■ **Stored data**
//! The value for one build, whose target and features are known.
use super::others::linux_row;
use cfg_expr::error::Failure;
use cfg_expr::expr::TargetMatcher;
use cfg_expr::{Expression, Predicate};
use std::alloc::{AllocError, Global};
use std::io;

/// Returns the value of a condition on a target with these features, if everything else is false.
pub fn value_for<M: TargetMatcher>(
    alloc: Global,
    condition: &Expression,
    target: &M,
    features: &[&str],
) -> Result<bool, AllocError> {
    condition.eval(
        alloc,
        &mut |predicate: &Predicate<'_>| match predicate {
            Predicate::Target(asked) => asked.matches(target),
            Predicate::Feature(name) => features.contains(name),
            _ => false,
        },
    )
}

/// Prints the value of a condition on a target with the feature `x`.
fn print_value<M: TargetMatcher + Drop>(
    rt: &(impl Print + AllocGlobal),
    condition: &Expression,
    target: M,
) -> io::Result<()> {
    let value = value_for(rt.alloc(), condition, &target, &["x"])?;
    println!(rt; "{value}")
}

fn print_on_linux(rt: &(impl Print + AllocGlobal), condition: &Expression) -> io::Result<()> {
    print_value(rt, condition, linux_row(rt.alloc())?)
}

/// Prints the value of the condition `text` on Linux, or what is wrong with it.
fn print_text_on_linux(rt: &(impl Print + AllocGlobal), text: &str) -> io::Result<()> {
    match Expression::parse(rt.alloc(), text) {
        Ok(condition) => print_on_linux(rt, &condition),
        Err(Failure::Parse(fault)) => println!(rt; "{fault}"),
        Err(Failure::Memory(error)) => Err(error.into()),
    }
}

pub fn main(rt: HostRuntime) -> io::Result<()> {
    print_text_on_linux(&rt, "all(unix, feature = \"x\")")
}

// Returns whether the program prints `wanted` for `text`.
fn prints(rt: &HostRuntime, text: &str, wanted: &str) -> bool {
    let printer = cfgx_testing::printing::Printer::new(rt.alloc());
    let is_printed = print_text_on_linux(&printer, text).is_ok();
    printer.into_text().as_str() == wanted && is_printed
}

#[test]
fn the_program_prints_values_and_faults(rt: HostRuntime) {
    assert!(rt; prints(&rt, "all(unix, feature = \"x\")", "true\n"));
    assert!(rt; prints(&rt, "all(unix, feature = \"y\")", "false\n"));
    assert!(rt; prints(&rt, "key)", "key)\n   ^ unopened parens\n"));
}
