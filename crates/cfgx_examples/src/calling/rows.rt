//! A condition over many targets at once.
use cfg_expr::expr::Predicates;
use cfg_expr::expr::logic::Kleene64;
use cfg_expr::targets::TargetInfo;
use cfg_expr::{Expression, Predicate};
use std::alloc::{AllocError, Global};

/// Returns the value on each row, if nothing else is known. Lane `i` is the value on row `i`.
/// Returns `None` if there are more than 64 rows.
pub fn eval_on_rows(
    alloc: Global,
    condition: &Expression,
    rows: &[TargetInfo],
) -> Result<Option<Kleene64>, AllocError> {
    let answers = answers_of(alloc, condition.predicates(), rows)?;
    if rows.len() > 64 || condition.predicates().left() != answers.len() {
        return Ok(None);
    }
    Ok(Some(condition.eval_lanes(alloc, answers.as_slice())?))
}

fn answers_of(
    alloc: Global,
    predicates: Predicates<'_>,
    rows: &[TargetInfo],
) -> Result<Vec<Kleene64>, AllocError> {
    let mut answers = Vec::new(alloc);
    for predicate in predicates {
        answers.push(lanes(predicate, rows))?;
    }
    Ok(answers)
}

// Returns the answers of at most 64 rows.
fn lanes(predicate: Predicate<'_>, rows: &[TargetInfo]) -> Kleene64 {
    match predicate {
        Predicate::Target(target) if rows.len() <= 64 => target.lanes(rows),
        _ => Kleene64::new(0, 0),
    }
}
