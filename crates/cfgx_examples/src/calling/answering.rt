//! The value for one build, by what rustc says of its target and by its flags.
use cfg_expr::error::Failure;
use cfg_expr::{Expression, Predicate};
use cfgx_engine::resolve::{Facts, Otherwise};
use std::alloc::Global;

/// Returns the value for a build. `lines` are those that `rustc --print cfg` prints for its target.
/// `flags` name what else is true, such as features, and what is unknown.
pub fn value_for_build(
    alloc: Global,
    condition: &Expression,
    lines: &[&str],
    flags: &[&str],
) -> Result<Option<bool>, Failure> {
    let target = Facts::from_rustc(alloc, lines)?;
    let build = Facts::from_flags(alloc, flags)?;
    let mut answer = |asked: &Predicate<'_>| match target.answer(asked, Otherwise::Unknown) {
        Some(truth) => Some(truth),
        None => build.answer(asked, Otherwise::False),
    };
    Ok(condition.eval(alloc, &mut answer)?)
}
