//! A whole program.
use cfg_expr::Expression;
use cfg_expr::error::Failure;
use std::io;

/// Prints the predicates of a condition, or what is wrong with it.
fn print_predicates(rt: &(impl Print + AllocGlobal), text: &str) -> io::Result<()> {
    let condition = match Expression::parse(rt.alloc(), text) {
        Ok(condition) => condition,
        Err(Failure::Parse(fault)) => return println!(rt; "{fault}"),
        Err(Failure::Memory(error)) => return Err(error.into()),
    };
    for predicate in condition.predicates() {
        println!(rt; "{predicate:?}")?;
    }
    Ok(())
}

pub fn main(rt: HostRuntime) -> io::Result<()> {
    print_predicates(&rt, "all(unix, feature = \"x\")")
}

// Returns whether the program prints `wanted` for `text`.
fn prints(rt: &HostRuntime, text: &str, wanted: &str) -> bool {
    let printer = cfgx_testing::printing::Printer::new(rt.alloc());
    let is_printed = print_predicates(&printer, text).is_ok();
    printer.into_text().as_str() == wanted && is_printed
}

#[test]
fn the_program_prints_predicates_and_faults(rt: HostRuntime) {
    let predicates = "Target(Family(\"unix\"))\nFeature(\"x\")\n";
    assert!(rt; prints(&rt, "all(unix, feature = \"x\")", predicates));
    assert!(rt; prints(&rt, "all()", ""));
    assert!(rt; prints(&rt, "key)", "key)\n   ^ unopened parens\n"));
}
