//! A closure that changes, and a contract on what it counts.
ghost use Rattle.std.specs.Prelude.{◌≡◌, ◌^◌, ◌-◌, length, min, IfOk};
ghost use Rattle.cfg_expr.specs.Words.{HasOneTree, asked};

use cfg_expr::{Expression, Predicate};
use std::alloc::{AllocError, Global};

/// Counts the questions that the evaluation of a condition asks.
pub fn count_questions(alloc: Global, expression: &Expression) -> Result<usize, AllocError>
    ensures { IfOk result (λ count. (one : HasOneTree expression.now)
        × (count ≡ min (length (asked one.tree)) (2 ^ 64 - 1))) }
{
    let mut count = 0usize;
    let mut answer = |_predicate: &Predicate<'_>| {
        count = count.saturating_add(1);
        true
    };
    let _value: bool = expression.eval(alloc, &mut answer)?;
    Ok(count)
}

■ **Work required**
Copy each line above holding "calling".

■ **Answer**
filename crates/cfgx_examples/src/calling/rows.rt
filename crates/cfgx_examples/src/calling/answering.rt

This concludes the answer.